それでも一人、細川選対の内幕を暴露し続けているのが"元広報担当責任者"のジャーナリストの上杉隆氏だ。上杉氏の言い分では、細川氏と小泉氏が並んで会見を行った1月14日以後、旧日本新党出身の元民主党代議士らが選対の主導権を握ったことで、細川氏の擁立に係わった上杉氏を含む木内孝胤前衆議院議員ら6人グループが事実上の離脱状態になり、選対が内部崩壊したままに選挙戦を行ったことが敗戦の真相だとしている。
細川選対を取材したメディアも、ほぼ同じ見解を伝えているので、実情としては間違っていないようなのだが、ある選対関係者は、「そもそも、上杉さんらが(選挙の準備を)何もできていなかったことが、旧日本新党関係者に"母屋を取られた原因"ですよ」と、振り返るのである。
「民主党の元参議院議員の円よりこさんのスタッフで、日本新党事務局長だった金成洋冶さんが、細川さんの公設秘書だった成田憲彦さんと謀って、6人グループの排除を細川さんに進言したというのは事実。でも、金成さんが木内さんを完全に排除できるかと言えば、これは不可能です。というのも、選挙資金はほぼ全額を木内さんが手当したものでしたし、最期までこの決済権は木内さんが握っていたのです。それに、木内さんも6人グループの一人で、上杉さんと同じ日に事務局長を更迭されたとされる馬渡龍治さんも、もともと選挙実務はできないと自分から言っていたくらいで、選挙準備が整わないことで責任を追及されることはないはずでした」
この金成氏は30代半ばで土光臨調の選任スタッフになり、事務方として実質的な答申の取りまとめを手掛けるなど、政策立案では政界関係者には知られた存在だったという。その後に、細川氏が設立した日本新党の前身ともいえるシンクタンクに入り、日本新党結党時に事務局長になった細川氏の側近中の側近と言える存在だ。92年の参議院選挙では、日本新党の初めての選挙戦も仕切っている。
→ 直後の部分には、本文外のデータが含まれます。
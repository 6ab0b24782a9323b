//! Which modules have a name.

ghost use Rattle.std.specs.Prelude.{◌≡◌, IfOk, IfErr, OnOk, IfSome, if◌then◌else◌};
ghost use Rattle.std.specs.Str.{is_utf8};
ghost use Rattle.elm_files.specs.Answers.{NoneFull};
ghost use Rattle.import_graph.specs.Places as places;
ghost use Rattle.import_graph.specs.Places.{place_of, place_view, HasCause};
ghost use Rattle.project_file.specs.View.{directories_of};
ghost use Rattle.import_graph.specs.Modules as plain;
ghost use Rattle.import_graph.specs.ModuleWalkView.{setting, located_view};
ghost use Rattle.import_graph.specs.Walk.{IsPlainPlace, IsPlainFound};

use crate::places::{Place, ReadError, Source, find};
use elm_base::text::Text;
use elm_files::Files;
use indexmap::IndexSet;
use project_file::project::Project;
use std::alloc::Global;
use std::str::from_utf8;

/// Which modules have a name.
#[derive(Clone, Copy, Debug, PartialEq, Eq)]
pub enum Found {
    /// None.
    Nowhere,
    /// A core module alone.
    Core,
    /// A file of the project alone.
    File,
    /// More than one.
    Several,
}

/// Which modules have a name, with the file.
#[derive(Debug, Drop)]
pub(crate) enum Located {
    Nowhere,
    Core,
    File(Source),
    Several,
}

/// Which modules have the name `name`. `core` has the names of the core modules.
pub(crate) fn locate<F: Files>(
    alloc: Global,
    files: &mut F,
    project: &Project,
    core: &IndexSet<Text>,
    name: &Text,
) -> Result<Located, ReadError>
    requires { NoneFull (F.faults files.old) }
    ensures located { IfOk result (λ located. IfSome (F.tree files.old) (λ tree.
        located_view located ≡ plain.located (setting tree project.now core.now.keys) name.now)) }
    ensures plain { IfOk result (λ located. IsPlainFound core.now.keys name.now (located_view located)) }
    ensures tree { F.tree files.new ≡ F.tree files.old }
    ensures no_fault { OnOk result (F.faults files.new ≡ F.faults files.old) }
    ensures error { IfErr result (λ e. HasCause e (F.faults files.old) (F.faults files.new)) }
{
    let place = place(alloc, files, project, name)?;
    Ok(located_by(core.contains(name), place))
}

/// Where the project has the name.
fn place<F: Files>(
    alloc: Global,
    files: &mut F,
    project: &Project,
    name: &Text,
) -> Result<Place, ReadError>
    requires { NoneFull (F.faults files.old) }
    ensures place { IfOk result (λ place. IfSome (F.tree files.old) (λ tree. place_view place
        ≡ (if is_utf8 name.now then place_of tree (directories_of project.now) name.now else places.Nowhere))) }
    ensures plain { IfOk result (λ place. IsPlainPlace name.now (place_view place)) }
    ensures tree { F.tree files.new ≡ F.tree files.old }
    ensures no_fault { OnOk result (F.faults files.new ≡ F.faults files.old) }
    ensures error { IfErr result (λ e. HasCause e (F.faults files.old) (F.faults files.new)) }
{
    match from_utf8(name.as_bytes()) {
        Ok(text) => find(alloc, files, &project.directories, text),
        Err(_) => Ok(Place::Nowhere),
    }
}

/// Which modules have a name, by whether a core module has it and by where the project has it.
fn located_by(is_core: bool, place: Place) -> Located
    ensures { located_view result ≡ plain.located_by is_core (place_view place) }
{
    match place {
        Place::Nowhere => {
            if is_core {
                Located::Core
            } else {
                Located::Nowhere
            }
        }
        Place::At(source) => {
            if is_core {
                Located::Several
            } else {
                Located::File(source)
            }
        }
        Place::Several => Located::Several,
    }
}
「つまり1月23日以後の選挙期間になれば、上杉氏ら6人グループは、一線を引いて裏方に徹するというのが当初からの予定でした。ところが、上杉さんが勝手に広報担当を名乗り始めたばかりか、会見の司会をやりたいと言い出した。それを金成さんら旧日本新党グループが止めたことが、ゴタゴタの始まりでした。もともと、広報関係は自分に一本化してくれと上杉さんが主張していたにも関わらず、木内さんが状況を金成さんに逐一、報告していて、金成さんが馴染みの新聞記者にリークしていたことが上杉さんは気に入らなかった。で、結局、会見の司会をやらせてもらえないことが決まった上杉さんが、今度は、なってもいない広報責任者を辞任すると発表してしまったわけです」
昨年末から裏選対ともいえる事務所に日参していた上杉氏は、選対の広報戦略は当然、自分が担当するものと考えていたとしても不思議はない。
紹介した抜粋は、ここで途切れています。